• About this task:
For the entries that follow, restate word for word the line containing "mod unpaid_places;", the line containing "pub use standing::Standing;", and every line that lies between them.

Segment Start: Dataset extract

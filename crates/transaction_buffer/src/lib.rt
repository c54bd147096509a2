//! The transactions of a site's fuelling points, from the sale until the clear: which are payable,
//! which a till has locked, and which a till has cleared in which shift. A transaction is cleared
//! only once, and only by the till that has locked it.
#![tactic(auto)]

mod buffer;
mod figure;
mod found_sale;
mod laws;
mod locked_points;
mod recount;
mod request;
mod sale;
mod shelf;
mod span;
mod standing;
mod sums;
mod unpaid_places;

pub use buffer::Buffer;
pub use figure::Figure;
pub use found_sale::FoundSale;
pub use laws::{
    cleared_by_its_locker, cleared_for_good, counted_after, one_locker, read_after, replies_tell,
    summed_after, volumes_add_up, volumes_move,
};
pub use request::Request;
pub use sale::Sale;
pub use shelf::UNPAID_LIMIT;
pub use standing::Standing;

Segment End: Dataset extract
Segment Start: Dataset extract

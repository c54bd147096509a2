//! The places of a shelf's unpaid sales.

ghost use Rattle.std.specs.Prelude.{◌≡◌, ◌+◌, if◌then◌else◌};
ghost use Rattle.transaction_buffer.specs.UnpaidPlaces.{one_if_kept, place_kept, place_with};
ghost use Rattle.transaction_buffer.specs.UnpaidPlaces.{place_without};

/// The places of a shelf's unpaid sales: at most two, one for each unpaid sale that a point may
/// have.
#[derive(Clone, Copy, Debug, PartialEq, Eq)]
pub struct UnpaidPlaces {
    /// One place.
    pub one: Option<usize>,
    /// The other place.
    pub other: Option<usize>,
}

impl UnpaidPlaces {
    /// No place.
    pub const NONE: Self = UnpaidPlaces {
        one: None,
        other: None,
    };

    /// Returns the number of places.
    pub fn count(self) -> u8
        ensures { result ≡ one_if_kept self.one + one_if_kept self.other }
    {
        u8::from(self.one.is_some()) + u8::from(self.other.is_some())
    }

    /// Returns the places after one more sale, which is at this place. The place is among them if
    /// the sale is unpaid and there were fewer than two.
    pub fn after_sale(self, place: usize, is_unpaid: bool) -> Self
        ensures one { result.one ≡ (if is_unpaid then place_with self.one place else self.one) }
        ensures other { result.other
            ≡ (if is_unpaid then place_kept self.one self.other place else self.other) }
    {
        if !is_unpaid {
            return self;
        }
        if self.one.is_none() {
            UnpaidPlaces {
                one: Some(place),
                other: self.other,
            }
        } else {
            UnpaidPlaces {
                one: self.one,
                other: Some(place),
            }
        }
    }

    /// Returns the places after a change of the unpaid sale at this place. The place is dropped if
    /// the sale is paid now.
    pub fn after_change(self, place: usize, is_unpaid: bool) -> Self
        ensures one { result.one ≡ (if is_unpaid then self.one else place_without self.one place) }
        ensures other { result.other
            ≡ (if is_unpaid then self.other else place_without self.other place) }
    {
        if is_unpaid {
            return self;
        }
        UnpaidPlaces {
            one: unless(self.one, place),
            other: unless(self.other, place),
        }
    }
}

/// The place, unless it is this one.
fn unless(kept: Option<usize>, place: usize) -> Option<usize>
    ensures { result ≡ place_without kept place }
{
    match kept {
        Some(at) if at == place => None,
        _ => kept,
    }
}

Segment End: Dataset extract

• Answer for this exercise:
mod unpaid_places;

pub use buffer::Buffer;
pub use figure::Figure;
pub use found_sale::FoundSale;
pub use laws::{
    cleared_by_its_locker, cleared_for_good, counted_after, one_locker, read_after, replies_tell,
    summed_after, volumes_add_up, volumes_move,
};
pub use request::Request;
pub use sale::Sale;
pub use shelf::UNPAID_LIMIT;
pub use standing::Standing;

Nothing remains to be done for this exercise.